Wish to know more?...read more

Contact: Vinayak Bhanu

Mobile 0091 9840441078

Email vinayak@clixoo.com

We have discussed the following:

  • Current Wastewater Treatment Process - Mining Industry
  • New Technologies in the Mining Industry Waste Water Treatment
    • Tailing Ponds
    • Chemical and Biological Methods



Current Wastewater Treatment Process - Mining Industry

Ammoniacal leaching is pretty old and proven technology in the mining industry, having been used for over 80 years, mostly for copper recovery (either metallic copper or copper sulfide with oxidation) but also for nickel and cobalt recovery (after reduction roast, with oxidation). The selectivity it provides over other metals is exactly why it has been used. In fact, as far as hydroxide sludges, there is a big Australian nickel/cobalt project (the Cawse project owned by Centaur Mining) suffering through startup woes right now in which they do an autoclave acid leach to get everything into solution, then partially neutralize it to get rid of iron etc., then precipitate a Ni/Co.

Ammoniacal leaching process is employed to remove metals (specifically Copper, Zinc, Nickel, Cobalt, and Cadmium) from mining industry wastewater.1

Other wastewater treatment systems include,

    • Thickeners
    • Clarifiers
    • Dewatering systems
    • Biological treatment
    • Microfiltration Reverse Osmosis
    • Mine drainage treatment systems
    • Ion exchange (metals and traces contaminant removal)

New Technologies in the Mining Industry Waste Water Treatment

The section below focuses on the recent developments in the mining industry wastewater treatment with tailing ponds and other chemical and biological methods.

Tailings Ponds

Tailings are the materials left over after the process of separating the valuable fraction from the worthless fraction of an ore. The extraction of minerals from ore requires that the ore be ground into fine particles, so tailings are typically small and range from the size of a grain of sand to a few microns. Mine tailings are usually produced from the mill in slurry form.2

Chemical and Biological Treatment of Mining Wastewater

Acid-rock drainage (ARD) also known as acid-mine drainage (AMD) results from the exposure of sulfide minerals, particularly pyritic and pyrrhotitic minerals, to atmospheric oxygen and water. The most common is the chemical precipitation using lime or other basic substances. These systems produce large volumes of wet sludge that often require drying facilities to concentrate the metal hydroxide sludge. Recent developments and improvements have resulted in construction of bioreactors that have a smaller footprint, and treat the metals and acidity more effectively.

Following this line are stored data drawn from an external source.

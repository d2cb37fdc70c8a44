//! The columns of the four joins: the keys, then the left's other columns, then the right's.

ghost use Rattle.std.specs.Prelude.{◌≡◌, ◌<◌, ◌^◌, ◌++◌, ◌∷◌, ◌&&◌, [], List, ℕ, Bool, length, map, true, None, IfOk};
ghost use Rattle.shape_base.specs.Causes.{first_cause};
ghost use Rattle.shape_base.specs.Naming.{has_column, has_keys};
ghost use Rattle.shape_base.specs.Widths.{fields_cause};
ghost use Rattle.keyed_shape.specs.Keyed.{same_flag, same_kind, kinds_agree, both_cause, field_named, joined_key, join_fields};

use crate::keying::{field_named, is_nullable, kind_of, nullable_if, push_others};
use ds_schema::{Field, Schema};
use ds_value::{Kind, Name, NoMemory};
use shape_base::naming::has_keys;
use shape_base::{ShapeWhy, fields_cause};
use std::alloc::Global;

/// Whose row may be missing where a row of the other side is given.
#[derive(Clone, Copy, Debug)]
pub struct Lost {
    pub left: bool,
    pub right: bool,
}

pub const INNER: Lost = Lost {
    left: false,
    right: false,
};

pub const LEFT_OUTER: Lost = Lost {
    left: false,
    right: true,
};

pub const RIGHT_OUTER: Lost = Lost {
    left: true,
    right: false,
};

pub const FULL_OUTER: Lost = Lost {
    left: true,
    right: true,
};

pub fn same_kind(a: Kind, b: Kind) -> bool
    ensures { result ≡ same_kind a b }
{
    match (a, b) {
        (Kind::Int(m), Kind::Int(n)) | (Kind::UInt(m), Kind::UInt(n)) => m == n,
        (Kind::Dec { p, s }, Kind::Dec { p: q, s: t }) => p == q && s == t,
        (
            Kind::Text { max, fixed },
            Kind::Text {
                max: other,
                fixed: also,
            },
        ) => max == other && fixed == also,
        (Kind::Date, Kind::Date) => true,
        _ => false,
    }
}

/// Whether the columns of that name are of one kind.
fn has_one_kind(left: &[Field], right: &[Field], name: &Name) -> bool
    ensures { result ≡ same_kind (field_named left.now name.now).kind (field_named right.now name.now).kind }
{
    same_kind(kind_of(left, name), kind_of(right, name))
}

pub fn kinds_agree(key: &[(Name, bool)], left: &[Field], right: &[Field]) -> bool
    ensures { result ≡ kinds_agree key.now left.now right.now }
{
    key.iter().all(|part| has_one_kind(left, right, &part.0))
}

/// What is wrong with keys on two inputs.
pub fn both_cause(key: &[(Name, bool)], left: &[Field], right: &[Field]) -> Option<ShapeWhy>
    ensures { result ≡ both_cause key.now left.now right.now }
{
    if !(has_keys(left, key) && has_keys(right, key)) {
        return Some(ShapeWhy::Field);
    }
    if !kinds_agree(key, left, right) {
        return Some(ShapeWhy::Kind);
    }
    None
}

/// What is wrong at a join.
pub fn join_cause(
    alloc: Global,
    key: &[(Name, bool)],
    lost: Lost,
    left: &Schema,
    right: &Schema,
) -> Result<Option<ShapeWhy>, NoMemory>
    ensures { IfOk result (λ cause. cause ≡ first_cause (both_cause key.now left.now right.now ∷ (fields_cause (join_fields lost.left lost.right key.now left.now right.now) ∷ []))) }
{
    if let Some(why) = both_cause(key, left.as_slice(), right.as_slice()) {
        return Ok(Some(why));
    }
    let made = join_fields(alloc, key, lost, left.as_slice(), right.as_slice())?;
    Ok(fields_cause(made.as_slice()))
}

/// A key's field, of the left's kind; it may be null where it may on either side.
fn joined_key(left: &[Field], right: &[Field], name: &Name) -> Result<Field, NoMemory>
    requires { has_column left.now name.now ≡ true }
    ensures { IfOk result (λ field. field ≡ joined_key left.now right.now name.now) }
{
    nullable_if(is_nullable(right, name), field_named(left, name))
}

fn key_fields(
    alloc: Global,
    key: &[(Name, bool)],
    left: &[Field],
    right: &[Field],
) -> Result<Vec<Field>, NoMemory>
    requires { has_keys left.now key.now ≡ true }
    ensures { IfOk result (λ made. made.items ≡ map (λ (k : List ℕ × Bool). joined_key left.now right.now (k.0)) key.now) }
{
    let mut made = Vec::new(alloc);
    for (name, _) in key {
        made.push(joined_key(left, right, name)?)?;
    }
    Ok(made)
}

/// The fields of what is joined.
fn join_fields(
    alloc: Global,
    key: &[(Name, bool)],
    lost: Lost,
    left: &[Field],
    right: &[Field],
) -> Result<Vec<Field>, NoMemory>
    requires few_left { length left.now < 2 ^ 32 }
    requires few_right { length right.now < 2 ^ 32 }
    requires named { has_keys left.now key.now ≡ true }
    ensures { IfOk result (λ made. made.items ≡ join_fields lost.left lost.right key.now left.now right.now) }
{
    let mut made = key_fields(alloc, key, left, right)?;
    push_others(alloc, &mut made, key, lost.left, left)?;
    push_others(alloc, &mut made, key, lost.right, right)?;
    Ok(made)
}

/// The schema of what is joined.
pub fn join_schema(
    alloc: Global,
    key: &[(Name, bool)],
    lost: Lost,
    left: &Schema,
    right: &Schema,
) -> Result<Schema, NoMemory>
    requires { first_cause (both_cause key.now left.now right.now ∷ (fields_cause (join_fields lost.left lost.right key.now left.now right.now) ∷ [])) ≡ None }
    ensures { IfOk result (λ schema. schema ≡ join_fields lost.left lost.right key.now left.now right.now) }
{
    let fields = join_fields(alloc, key, lost, left.as_slice(), right.as_slice())?;
    Ok(Schema::from_vec(fields))
}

Oxyanions such as chromate and arsenate can be removed using the wetland treatment system (passive bioreactor) technology. Arsenic is removed as an arsenic sulfide compound and chromate is reduced to Cr(III) and precipitated as a hydroxide. The passive Bioreactor wetland treatment system offers a less expensive alternative to the conventional chemical precipitation technologies. There still are problems of system hydraulics and useful life to be addressed.

Biological Methods

Many studies have demonstrated that the primary removal mechanisms for the metals are sulphate-reducing bacteria (SRB). These microbes facilitate the conversion of sulphate to sulphide. The sulphides react with metals to precipitate them as metal sulfides, many of which are stable in the anaerobic conditions of the treatment system. The SRB are obligate anaerobes which prefer conditions between pH 5 and 8. Low pH waters do reduce the capacity of the treatment systems to treat metals effectively. Plants have been shown to remove metals by uptake or oxidative precipitation near the roots.3

Sulphate-reducing biofilm and suspension processes were studied for treatment of synthetic wastewater containing sulphate, zinc and iron. The results of this work demonstrate that the lactate supplemented sulphate-reducing processes precipitated the metals as sulphides and neutralized the acidity of the synthetic wastewater (Kaksonen et al.,).

References

1 http://www.finishing.com/98/83.shtml

2http://en.wikipedia.org/wiki/Tailings

3Ronald R.H. Cohen, 2006. Use of microbes for cost reduction of metal removal from metals and mining industry waste streams. Journal of Cleaner Production, 14 (1146-1157).